How to set-up ADSys¶
ADSys is not currently installed by default on Ubuntu desktop. This must be done manually by the local administrator of the machine.
To do so, log in on first boot, update the repositories and install ADSys. On Ubuntu-based systems this can be accomplished with the following commands:
sudo apt update
sudo apt install adsys
Reboot then to allow the machine to do its policy refresh.
Logging in as a user of the domain¶
To log in as a user of the domain, press the link “Not listed?” in the greeter. Then enter the username followed by the password.
SSSD¶
By default, there is no default domain configured in SSSD. You have to enter the full user name with one of the forms: USER@DOMAIN.COM
, USER@DOMAIN
or DOMAIN/USER
.
On the first log in the user’s home directory is created.
All of this (default domain, default path for home directories, default shell, etc.) is configurable in /etc/sssd/sssd.conf
.
Winbind¶
If Winbind is used as a backend, the account can be specified in one of the following forms: USER@DOMAIN.COM
, USER@DOMAIN
or DOMAIN\\USER
.
For the home directory to be created automatically on login, the pam_mkhomedir
module can be enabled:
sudo pam-auth-update --enable mkhomedir
Options such as the home directory path template, shell and others can be tweaked in /etc/samba/smb.conf
and are documented in the smb.conf(5)
man page.
Kerberos¶
ADSys relies on the configured AD backend (e.g. SSSD) to export the KRB5CCNAME
environment variable pointing to a valid Kerberos ticket cache when a domain user performs authentication.

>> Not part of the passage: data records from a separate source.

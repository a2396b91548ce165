//! The mistakes that are usually made where a text is not a program.

use crate::comments::comment_mistake;
use crate::misspelt::misspelt_word;
use pb_base::NoMemory;
use pb_lexer::{Mark, Token};
use pb_mistakes::closing::{closing_mistake, idle_closer};
use pb_mistakes::foreign::foreign_word;
use pb_mistakes::open::{Open, open_before};
use pb_mistakes::parts::part_mistake;
use pb_mistakes::resources::resource_mistake;
use pb_mistakes::signs::sign_mistake;
use pb_mistakes::statements::{head_mistake, named_mistake};
use pb_mistakes::tokens::{
    begins_list, begins_statement, ends_before, ends_list, is_at, is_declaration, is_name,
    is_number, is_statement_start, mark_at, process_before, statement_before, text_at,
};
use pb_mistakes::values::value_mistake;
use pb_mistakes::{Told, telling, usual};
use std::alloc::Global;

/// Returns the mistake that was probably made in a text, if the token with a number cannot come where it is (after the
/// last token: if the text cannot end there); nothing if none of them is likely.
pub fn likely_mistake<'t>(
    alloc: Global,
    text: &'t [u8],
    tokens: &[Token<'t>],
    number: usize,
) -> Result<Option<Told<'t>>, NoMemory> {
    let open = open_before(alloc, tokens, number)?;
    let open = open.as_slice();
    if let Some(told) = comment_mistake(alloc, text, tokens, number)? {
        return Ok(Some(told));
    }
    if let Some(told) = word_mistake(alloc, text, tokens, number, open)? {
        return Ok(Some(told));
    }
    Ok(other_mistake(tokens, number, open))
}

/// Returns the mistake of a word of another language, or of one that is misspelt.
pub fn word_mistake<'t>(
    alloc: Global,
    text: &'t [u8],
    tokens: &[Token<'t>],
    number: usize,
    open: &[Open],
) -> Result<Option<Told<'t>>, NoMemory> {
    if let Some(told) = foreign_word(tokens, number, open.last()) {
        return Ok(Some(told));
    }
    Ok(match misspelt_word(alloc, text, tokens, number)? {
        Some(misspelt) => Some(misspelt.told(tokens, number)),
        None => None,
    })
}

/// Returns a mistake that no word of its own tells.
fn other_mistake<'t>(tokens: &[Token<'t>], number: usize, open: &[Open]) -> Option<Told<'t>> {
    if let Some(told) = idle_closer(tokens, number, open) {
        return Some(told);
    }
    if let Some(told) = plain_mistake(tokens, number, open.last()) {
        return Some(told);
    }
    if let Some(told) = value_mistake(tokens, number, open.last()) {
        return Some(told);
    }
    if let Some(told) = resource_mistake(tokens, number) {
        return Some(told);
    }
    if let Some(told) = named_mistake(tokens, number, open.last()) {
        return Some(told);
    }
    if let Some(told) = part_mistake(tokens, number, open.last()) {
        return Some(told);
    }
    if let Some(told) = head_mistake(tokens, number) {
        return Some(told);
    }
    if let Some(told) = closing_mistake(tokens, number, open) {
        return Some(told);
    }
    if begins_statement(tokens, number) && ends_before(tokens, number) && !open.is_empty() {
        return inserted(
            "a semicolon is missing",
            "a semicolon separates this statement from the one before",
            ";",
        );
    }
    None
}

/// Returns a mistake in these words, which say what is missing; it is there.
fn inserted<'t>(summary: &'static str, hint: &'static str, word: &'static str) -> Option<Told<'t>> {
    Some(telling(summary, hint).inserting(word))
}

/// Returns a mistake in these words, which say that a token is left out; it is there.
fn removed<'t>(summary: &'static str, hint: &'static str, number: usize) -> Option<Told<'t>> {
    Some(telling(summary, hint).removing(number))
}

/// Returns a mistake in these words, which say what is written in the place of a token; it is there.
fn replaced<'t>(
    summary: &'static str,
    hint: &'static str,
    number: usize,
    word: &'static str,
) -> Option<Told<'t>> {
    Some(telling(summary, hint).replacing(number, word.as_bytes()))
}

/// Returns a mistake that is told in the same words wherever it is made.
fn plain_mistake<'t>(tokens: &[Token<'t>], number: usize, open: Option<&Open>) -> Option<Told<'t>> {
    if let Some(told) = sign_mistake(tokens, number) {
        return Some(told);
    }
    if let Some(told) = list_mistake(tokens, number) {
        return Some(told);
    }
    if let Some(told) = declaration_mistake(tokens, number) {
        return Some(told);
    }
    if let Some(told) = program_mistake(tokens, number, open) {
        return Some(told);
    }
    if let Some(told) = joined_mistake(tokens, number) {
        return Some(told);
    }
    equals_mistake(tokens, number, open)
}

/// Returns a mistake of a list of statements.
fn list_mistake<'t>(tokens: &[Token<'t>], number: usize) -> Option<Told<'t>> {
    let before = number.checked_sub(1)?;
    if begins_list(tokens, before) && ends_list(tokens, number) {
        return inserted("a statement is missing", SKIP_HINT, "skip");
    }
    if begins_list(tokens, before) && is_at(tokens, number, Mark::Semicolon) {
        return Some(
            telling(
                "there is a semicolon after `@1`",
                "leave it out: a semicolon separates two statements",
            )
            .naming(text_at(tokens, before))
            .removing(number),
        );
    }
    if is_at(tokens, number, Mark::Do) && is_statement_start(tokens, number) {
        return usual(
            "no statement begins with `do`",
            "the only loop is while: while i < 10 do i := i + 1 od",
        );
    }
    semicolon_mistake(tokens, number)
}

/// Returns the mistake of a semicolon just before a token with which no statement begins.
fn semicolon_mistake<'t>(tokens: &[Token<'t>], number: usize) -> Option<Told<'t>> {
    let before = number.checked_sub(1)?;
    if !is_at(tokens, before, Mark::Semicolon) {
        return None;
    }
    if ends_list(tokens, number) && is_declaration(tokens, before) {
        return inserted(
            "a statement is missing after the declaration",
            SKIP_HINT,
            "skip",
        );
    }
    if ends_list(tokens, number) {
        return removed(
            "a statement is missing after the semicolon",
            "a semicolon separates statements; the last one has none",
            before,
        );
    }
    if is_at(tokens, number, Mark::Semicolon) {
        return removed(
            "a statement is missing between two semicolons",
            "write one semicolon between two statements",
            number,
        );
    }
    None
}

const SKIP_HINT: &str =
    "there is at least one statement here: write skip if there is nothing to do";

/// Returns a mistake of a declaration of integers.
fn declaration_mistake<'t>(tokens: &[Token<'t>], number: usize) -> Option<Told<'t>> {
    if is_at(tokens, number, Mark::Integer) && process_before(tokens, number).is_some() {
        return usual(
            "integers are not declared here",
            "a process declares all its integers at once, after its first begin: integer x, y;",
        );
    }
    let before = number.checked_sub(1)?;
    if !is_declaration(tokens, number) || !is_name(tokens, before) {
        return None;
    }
    if is_at(tokens, number, Mark::Assign) || is_at(tokens, number, Mark::Equal) {
        return usual(
            "an integer is declared with no value",
            "integers begin at 0: write integer x; and assign below: x := 1",
        );
    }
    let next = number.saturating_add(1);
    let is_assigned = is_at(tokens, next, Mark::Assign) || is_at(tokens, next, Mark::Equal);
    if is_name(tokens, number) && !is_assigned {
        return inserted(
            "a comma is missing",
            "commas separate the names of integers: integer x, y;",
            ",",
        );
    }
    if begins_statement(tokens, number) {
        return inserted(
            "a semicolon is missing",
            "a semicolon comes after the names of the integers: integer x, y;",
            ";",
        );
    }
    None
}

/// Returns a mistake of the parts of a program.
fn program_mistake<'t>(
    tokens: &[Token<'t>],
    number: usize,
    open: Option<&Open>,
) -> Option<Told<'t>> {
    let process = process_before(tokens, number);
    if is_at(tokens, number, Mark::Resource) && process.is_some() {
        return usual(
            "resources are not declared here",
            "resources are declared before the first process: resource r = 1;",
        );
    }
    let before = number.checked_sub(1)?;
    if is_at(tokens, number, Mark::Process)
        && open.is_some()
        && is_statement_start(tokens, number)
    {
        return usual(
            "a process stands in no other one",
            "a process begins after the end of the one before: process p begin print 1 end process q begin print 2 end",
        );
    }
    if is_at(tokens, before, Mark::End)
        && is_at(tokens, number, Mark::Semicolon)
        && !begins_statement(tokens, number.saturating_add(1))
        && !ends_list(tokens, number.saturating_add(1))
    {
        return removed(
            "there is a semicolon after the end of a process",
            "a process ends with end, and no semicolon comes after it",
            number,
        );
    }
    if is_at(tokens, before.saturating_sub(1), Mark::Process)
        && is_at(tokens, number, Mark::Semicolon)
    {
        return removed(
            "there is a semicolon after the name of a process",
            "begin comes after the name: process p begin print 1 end",
            number,
        );
    }
    if is_at(tokens, before.saturating_sub(1), Mark::Resource)
        && is_at(tokens, number, Mark::Assign)
    {
        return replaced(
            "a resource is declared with `=`",
            "write resource r = 2; as `:=` is an assignment",
            number,
            "=",
        );
    }
    None
}

/// Returns a mistake of what is joined by a comma, by `and`, or by `**`.
fn joined_mistake<'t>(tokens: &[Token<'t>], number: usize) -> Option<Told<'t>> {
    let before = number.checked_sub(1)?;
    if is_at(tokens, before, Mark::And) && begins_command(tokens, number) {
        return replaced(
            "`and` stands between two statements",
            "a semicolon separates statements, and the arms of a parbegin",
            before,
            ";",
        );
    }
    if is_at(tokens, before, Mark::Star) && is_at(tokens, number, Mark::Star) {
        return usual(
            "there is no `**`",
            "a power is written as a product, 2 * 2 * 2, or multiplied in a while",
        );
    }
    if !is_at(tokens, number, Mark::Comma) || !ends_before(tokens, number) {
        return None;
    }
    if begins_command(tokens, number.saturating_add(1)) {
        return replaced(
            "a comma stands between two statements",
            "a semicolon separates statements, and the arms of a parbegin",
            number,
            ";",
        );
    }
    if is_grouped(tokens, number) {
        return usual(
            "a number has no comma",
            "the digits of a number stand together: 1000, and not 1,000",
        );
    }
    if is_at(tokens, statement_before(tokens, number)?, Mark::Print) {
        return usual(
            "a print has one value",
            "write a print for each value: print x; print y",
        );
    }
    None
}

/// Returns whether a comma is between two numbers of which the second has three digits, as in 1,000.
fn is_grouped(tokens: &[Token], comma: usize) -> bool {
    let next = comma.saturating_add(1);
    is_number(tokens, comma.saturating_sub(1))
        && is_number(tokens, next)
        && text_at(tokens, next).len() == 3
}

/// Returns whether a statement begins with a token that cannot be part of an expression, or assigns.
fn begins_command(tokens: &[Token], number: usize) -> bool {
    begins_statement(tokens, number)
        && (!is_name(tokens, number) || is_at(tokens, number.saturating_add(1), Mark::Assign))
}

/// Returns a mistake of `=`, `:=` and comparisons.
fn equals_mistake<'t>(
    tokens: &[Token<'t>],
    number: usize,
    open: Option<&Open>,
) -> Option<Told<'t>> {
    let before = number.checked_sub(1)?;
    let begins = is_statement_start(tokens, before) && is_name(tokens, before);
    if is_at(tokens, number, Mark::Equal) && is_at(tokens, before, Mark::Equal)
        || is_at(tokens, number, Mark::Equal)
            && is_at(tokens, number.saturating_add(1), Mark::Equal)
    {
        return usual(
            "there is no `==`",
            "a comparison is written x = 1, and an assignment x := 1",
        );
    }
    if is_at(tokens, number, Mark::Equal) && begins && open.is_some() {
        return replaced(
            "an assignment is written with `:=`",
            "write x := 1; `=` alone is a comparison",
            number,
            ":=",
        );
    }
    if is_at(tokens, number, Mark::Assign) && open.is_some() {
        return assign_mistake(tokens, number);
    }
    comparison_mistake(tokens, number)
}

/// Returns the mistake of a `:=` that cannot be here.
fn assign_mistake<'t>(tokens: &[Token<'t>], number: usize) -> Option<Told<'t>> {
    if is_assigned_twice(tokens, number) {
        return usual(
            "one integer is assigned at a time",
            "an assignment has no value: write y := 1; x := y for x := y := 1",
        );
    }
    usual(
        "`:=` is not a comparison",
        "a comparison is written x = 1; `:=` is an assignment",
    )
}

/// Returns the mistake of a comparison that cannot be here: one after another, or one with no left side.
fn comparison_mistake<'t>(tokens: &[Token<'t>], number: usize) -> Option<Told<'t>> {
    let before = number.checked_sub(1)?;
    let begins = is_statement_start(tokens, before) && is_name(tokens, before);
    let is_declared_here = matches!(
        mark_at(tokens, before.saturating_sub(1)),
        Some(Mark::Resource | Mark::Process)
    );
    if !is_comparison(tokens, number) || begins || is_declared_here {
        return None;
    }
    if ends_before(tokens, number) {
        return usual(
            "a comparison has two sides",
            "join two comparisons by and: 0 < x and x < 9",
        );
    }
    if matches!(mark_at(tokens, before), Some(Mark::And | Mark::Or)) {
        return usual(
            "a comparison has two sides",
            "write the left side again: 0 < x and x < 9",
        );
    }
    None
}

/// Returns whether the statement before a token is an assignment already.
fn is_assigned_twice(tokens: &[Token], number: usize) -> bool {
    match statement_before(tokens, number) {
        Some(start) => is_at(tokens, start.saturating_add(1), Mark::Assign),
        None => false,
    }
}

/// Returns whether a token compares two numbers.
fn is_comparison(tokens: &[Token], number: usize) -> bool {
    matches!(
        mark_at(tokens, number),
        Some(
            Mark::Equal | Mark::NotEqual | Mark::Less | Mark::AtMost | Mark::Greater | Mark::AtLeast
        )
    )
}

If for any reason the backend doesn’t export the variable but does initialise a ticket cache in the default path, ADSys can be configured to infer the path to the ticket cache (via the libkrb5 API) and export it as the KRB5CCNAME
variable during both authentication and runs of adsysctl update
for the current domain user.
To opt into this functionality, the following must be added to /etc/adsys.yaml
:
detect_cached_ticket: true
With this setting active, ADSys attempts to determine and export the path to the ticket cache. To avoid unexpected behaviours like rejecting authentication for non-domain users, no action is taken if the path returned by the libkrb5 API does not exist on disk.